A verbatim copy of every entry is required. Produce it now.

RECORDS TO PROCESS: Begin

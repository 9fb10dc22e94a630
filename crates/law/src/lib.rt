// The law of calls: what each call does between the state before it and the state after it, and what follows for every run. All of it
// is definitions and proofs; each function here names theorems, so that the check asks for their proofs. X and Y stand for types of
// sources.
#![tactic(auto)]

ghost use Rattle.law.specs.Cases.{WorkedCases};
ghost use Rattle.law.specs.Drafts.{RunsStand, TablesStand};
ghost use Rattle.law.specs.Enough.{ExactWordsKeepTheLaw};
ghost use Rattle.law.specs.Reads.{ReadsStand};
ghost use Rattle.law.specs.Excluded.{Examples, WrongBehavioursExcluded};

// A call that leaves exactly the words of the definition keeps the law, whatever the edit is; so do the refusals.
pub fn exact_words_keep_the_law<X>()
    ensures { ExactWordsKeepTheLaw X }
{}

// Every run of calls by the law ends in well laid out words that decode to the plain machine's tree, with the machine's answers; two
// runs of one list agree where no call got "no space"; trees are nested at most 64 deep; the first offers stay.
pub fn runs_follow_the_machine<X, Y>()
    ensures { RunsStand X Y }
{}

// A call by the law keeps capacities, lowers no count, and changes nothing where it refuses.
pub fn refusals_change_nothing<X>()
    ensures { TablesStand X }
{}

// The numbers that reads answer from the tree are those in the words.
pub fn reads_answer_the_words()
    ensures { ReadsStand }
{}

// Calls that leave other words, grant too much, refuse without need or do nothing are not by the law.
pub fn wrong_behaviours_are_excluded<X>()
    ensures { WrongBehavioursExcluded X }
{}

// A small run is by the law, and one that asks for more than it needs is not.
pub fn examples_hold()
    ensures { Examples }
{}

// The words of small messages are those that were worked out by hand.
pub fn worked_cases_hold()
    ensures { WorkedCases }
{}
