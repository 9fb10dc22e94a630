// The quota layer: the source below, as long as its segments have at most a limit of words in all.
#![tactic(auto)]

ghost use Rattle.std.specs.Prelude.{◌≡◌, ◌+◌, ◌≤◌, ◌↔◌, [], IsSome, nat_le};
ghost use Rattle.quota.specs.Bounds.{quota_bounds};
ghost use Rattle.quota.specs.Capped.{granted, over, quota_offers};
ghost use Rattle.quota.specs.Faults.{quota_fault};

use segments::reading::Reading;
use segments::refusal::{Outside, Refusal};
use segments::source::Source;

// A source below, and how many words its segments may have in all.
#[derive(Drop)]
pub struct Quota<S: Source> {
    below: S,
    limit: u64,
}

// Why a quota layer refuses a grant.
#[derive(Clone, Copy, Debug, PartialEq, Eq)]
pub enum QuotaFault<F> {
    // the source below refuses it
    Refused { below: F },
    // the segment that is offered below would pass the limit
    Over { capacity: u32 },
}

impl<S: Source> Quota<S> {
    // A quota layer of `limit` words over `below`, whose segments are all taken back first.
    pub fn new(mut below: S, limit: u64) -> Quota<S>
        ensures segments { S.Reading.segments result.below ≡ [] }
        ensures offers { quota_offers (S.Reading.segments result.below) result.limit (S.Source.offers result.below) ≡ quota_offers [] limit (S.Source.first below) }
        ensures first { quota_offers [] result.limit (S.Source.first result.below) ≡ quota_offers [] limit (S.Source.first below) }
        ensures below { S.Source.first result.below ≡ S.Source.first below }
    {
        below.take_back();
        Quota { below, limit }
    }

    // The source below.
    pub fn into_below(self) -> S
        ensures answer { result ≡ self.below }
    {
        let Quota { below, limit: _ } = self;
        below
    }

    // What the limit leaves beside the words granted so far and `c` more, if they stay within it. Segments are asked by number: a source has
    // no list of them.
    fn left(&self, c: u32) -> Option<u64>
        ensures answer { IsSome result ↔ (granted (S.Reading.segments self.now.below) + c ≤ self.now.limit) }
    {
        let mut left = self.limit.checked_sub(u64::from(c))?;
        for g in 0..self.below.count() {
            left = left.checked_sub(self.below.length(g).unwrap_or(0) as u64)?;
        }
        Some(left)
    }

    // Whether the words granted so far and `c` more stay within the limit.
    fn admits(&self, c: u32) -> bool
        ensures answer { result ≡ nat_le (granted (S.Reading.segments self.now.below) + c) self.now.limit }
    {
        self.left(c).is_some()
    }

    // The capacity that is offered below for `m` words, if it would pass the limit.
    fn passing(&self, m: u32) -> Option<u32>
        ensures answer { result ≡ over (granted (S.Reading.segments self.now.below)) self.now.limit (S.Source.offers self.now.below m) }
    {
        self.below.offer(m).filter(|c| !self.admits(*c))
    }
}

impl<S: Source> Reading for Quota<S> {
    ghost segments = { λ q. S.Reading.segments q.below };

    fn count(&self) -> usize {
        self.below.count()
    }

    fn length(&self, g: usize) -> Option<usize> {
        self.below.length(g)
    }

    fn read(&self, g: usize, w: usize) -> Option<u64> {
        self.below.read(g, w)
    }
}

impl<S: Source> Source for Quota<S> {
    type Fault = QuotaFault<S::Fault>;

    ghost offers = { λ q. quota_offers (S.Reading.segments q.below) q.limit (S.Source.offers q.below) };

    ghost first = { λ q. quota_offers [] q.limit (S.Source.first q.below) };

    ghost fault = { λ q m. quota_fault (S.Source.fault q.below m) (S.Source.offers q.below m) };

    ghost bounds = { λ q. quota_bounds (S.Reading.segments q.below) q.limit (S.Source.offers q.below) (S.Source.bounds q.below) };

    fn offer(&self, m: u32) -> Option<u32> {
        self.below.offer(m).filter(|c| self.admits(*c))
    }

    #[tactic(auto, using(crate::proofs::Totals::written_granted))]
    fn write(&mut self, g: usize, w: usize, v: u64) -> Result<(), Outside> {
        self.below.write(g, w, v)
    }

    fn grant(&mut self, m: u32) -> Result<u32, Refusal<QuotaFault<S::Fault>>> {
        if let Some(capacity) = self.passing(m) {
            return Err(Refusal {
                minimum: m,
                fault: QuotaFault::Over { capacity },
            });
        }
        self.below.grant(m).map_err(|Refusal { minimum, fault }| Refusal {
            minimum,
            fault: QuotaFault::Refused { below: fault },
        })
    }

    fn take_back(&mut self) {
        self.below.take_back();
    }
}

RECORDS TO PROCESS: End

PROBLEM SOLUTION:
repository 9fb10dc22e94a630
filename crates/law/src/lib.rt
// The law of calls: what each call does between the state before it and the state after it, and what follows for every run. All of it
// is definitions and proofs; each function here names theorems, so that the check asks for their proofs. X and Y stand for types of
// sources.
#![tactic(auto)]

ghost use Rattle.law.specs.Cases.{WorkedCases};
ghost use Rattle.law.specs.Drafts.{RunsStand, TablesStand};
ghost use Rattle.law.specs.Enough.{ExactWordsKeepTheLaw};
ghost use Rattle.law.specs.Reads.{ReadsStand};
ghost use Rattle.law.specs.Excluded.{Examples, WrongBehavioursExcluded};

// A call that leaves exactly the words of the definition keeps the law, whatever the edit is; so do the refusals.
pub fn exact_words_keep_the_law<X>()
    ensures { ExactWordsKeepTheLaw X }
{}

// Every run of calls by the law ends in well laid out words that decode to the plain machine's tree, with the machine's answers; two
// runs of one list agree where no call got "no space"; trees are nested at most 64 deep; the first offers stay.
pub fn runs_follow_the_machine<X, Y>()
    ensures { RunsStand X Y }
{}

// A call by the law keeps capacities, lowers no count, and changes nothing where it refuses.
pub fn refusals_change_nothing<X>()
    ensures { TablesStand X }
{}

// The numbers that reads answer from the tree are those in the words.
pub fn reads_answer_the_words()
    ensures { ReadsStand }
{}

// Calls that leave other words, grant too much, refuse without need or do nothing are not by the law.
pub fn wrong_behaviours_are_excluded<X>()
    ensures { WrongBehavioursExcluded X }
{}

// A small run is by the law, and one that asks for more than it needs is not.
pub fn examples_hold()
    ensures { Examples }
{}

// The words of small messages are those that were worked out by hand.
pub fn worked_cases_hold()
    ensures { WorkedCases }
{}
repository 9fb10dc22e94a630
// The quota layer: the source below, as long as its segments have at most a limit of words in all.
#![tactic(auto)]

ghost use Rattle.std.specs.Prelude.{◌≡◌, ◌+◌, ◌≤◌, ◌↔◌, [], IsSome, nat_le};
ghost use Rattle.quota.specs.Bounds.{quota_bounds};
ghost use Rattle.quota.specs.Capped.{granted, over, quota_offers};
ghost use Rattle.quota.specs.Faults.{quota_fault};

use segments::reading::Reading;
use segments::refusal::{Outside, Refusal};
use segments::source::Source;

// A source below, and how many words its segments may have in all.
#[derive(Drop)]
pub struct Quota<S: Source> {
    below: S,
    limit: u64,
}

// Why a quota layer refuses a grant.
#[derive(Clone, Copy, Debug, PartialEq, Eq)]
pub enum QuotaFault<F> {
    // the source below refuses it
    Refused { below: F },
    // the segment that is offered below would pass the limit
    Over { capacity: u32 },
}

impl<S: Source> Quota<S> {
    // A quota layer of `limit` words over `below`, whose segments are all taken back first.
    pub fn new(mut below: S, limit: u64) -> Quota<S>
        ensures segments { S.Reading.segments result.below ≡ [] }
        ensures offers { quota_offers (S.Reading.segments result.below) result.limit (S.Source.offers result.below) ≡ quota_offers [] limit (S.Source.first below) }
        ensures first { quota_offers [] result.limit (S.Source.first result.below) ≡ quota_offers [] limit (S.Source.first below) }
        ensures below { S.Source.first result.below ≡ S.Source.first below }
    {
        below.take_back();
        Quota { below, limit }
    }

    // The source below.
    pub fn into_below(self) -> S
        ensures answer { result ≡ self.below }
    {
        let Quota { below, limit: _ } = self;
        below
    }

    // What the limit leaves beside the words granted so far and `c` more, if they stay within it. Segments are asked by number: a source has
    // no list of them.
    fn left(&self, c: u32) -> Option<u64>
        ensures answer { IsSome result ↔ (granted (S.Reading.segments self.now.below) + c ≤ self.now.limit) }
    {
        let mut left = self.limit.checked_sub(u64::from(c))?;
        for g in 0..self.below.count() {
            left = left.checked_sub(self.below.length(g).unwrap_or(0) as u64)?;
        }
        Some(left)
    }

    // Whether the words granted so far and `c` more stay within the limit.
    fn admits(&self, c: u32) -> bool
        ensures answer { result ≡ nat_le (granted (S.Reading.segments self.now.below) + c) self.now.limit }
    {
        self.left(c).is_some()
    }

    // The capacity that is offered below for `m` words, if it would pass the limit.
    fn passing(&self, m: u32) -> Option<u32>
        ensures answer { result ≡ over (granted (S.Reading.segments self.now.below)) self.now.limit (S.Source.offers self.now.below m) }
    {
        self.below.offer(m).filter(|c| !self.admits(*c))
    }
}

impl<S: Source> Reading for Quota<S> {
    ghost segments = { λ q. S.Reading.segments q.below };

    fn count(&self) -> usize {
        self.below.count()
    }

    fn length(&self, g: usize) -> Option<usize> {
        self.below.length(g)
    }

    fn read(&self, g: usize, w: usize) -> Option<u64> {
        self.below.read(g, w)
    }
}

impl<S: Source> Source for Quota<S> {
    type Fault = QuotaFault<S::Fault>;

    ghost offers = { λ q. quota_offers (S.Reading.segments q.below) q.limit (S.Source.offers q.below) };

    ghost first = { λ q. quota_offers [] q.limit (S.Source.first q.below) };

    ghost fault = { λ q m. quota_fault (S.Source.fault q.below m) (S.Source.offers q.below m) };

    ghost bounds = { λ q. quota_bounds (S.Reading.segments q.below) q.limit (S.Source.offers q.below) (S.Source.bounds q.below) };

    fn offer(&self, m: u32) -> Option<u32> {
        self.below.offer(m).filter(|c| self.admits(*c))
    }

    #[tactic(auto, using(crate::proofs::Totals::written_granted))]
    fn write(&mut self, g: usize, w: usize, v: u64) -> Result<(), Outside> {
        self.below.write(g, w, v)
    }

    fn grant(&mut self, m: u32) -> Result<u32, Refusal<QuotaFault<S::Fault>>> {
        if let Some(capacity) = self.passing(m) {
            return Err(Refusal {
                minimum: m,
                fault: QuotaFault::Over { capacity },
            });
        }
        self.below.grant(m).map_err(|Refusal { minimum, fault }| Refusal {
            minimum,
            fault: QuotaFault::Refused { below: fault },
        })
    }

    fn take_back(&mut self) {
        self.below.take_back();
    }
}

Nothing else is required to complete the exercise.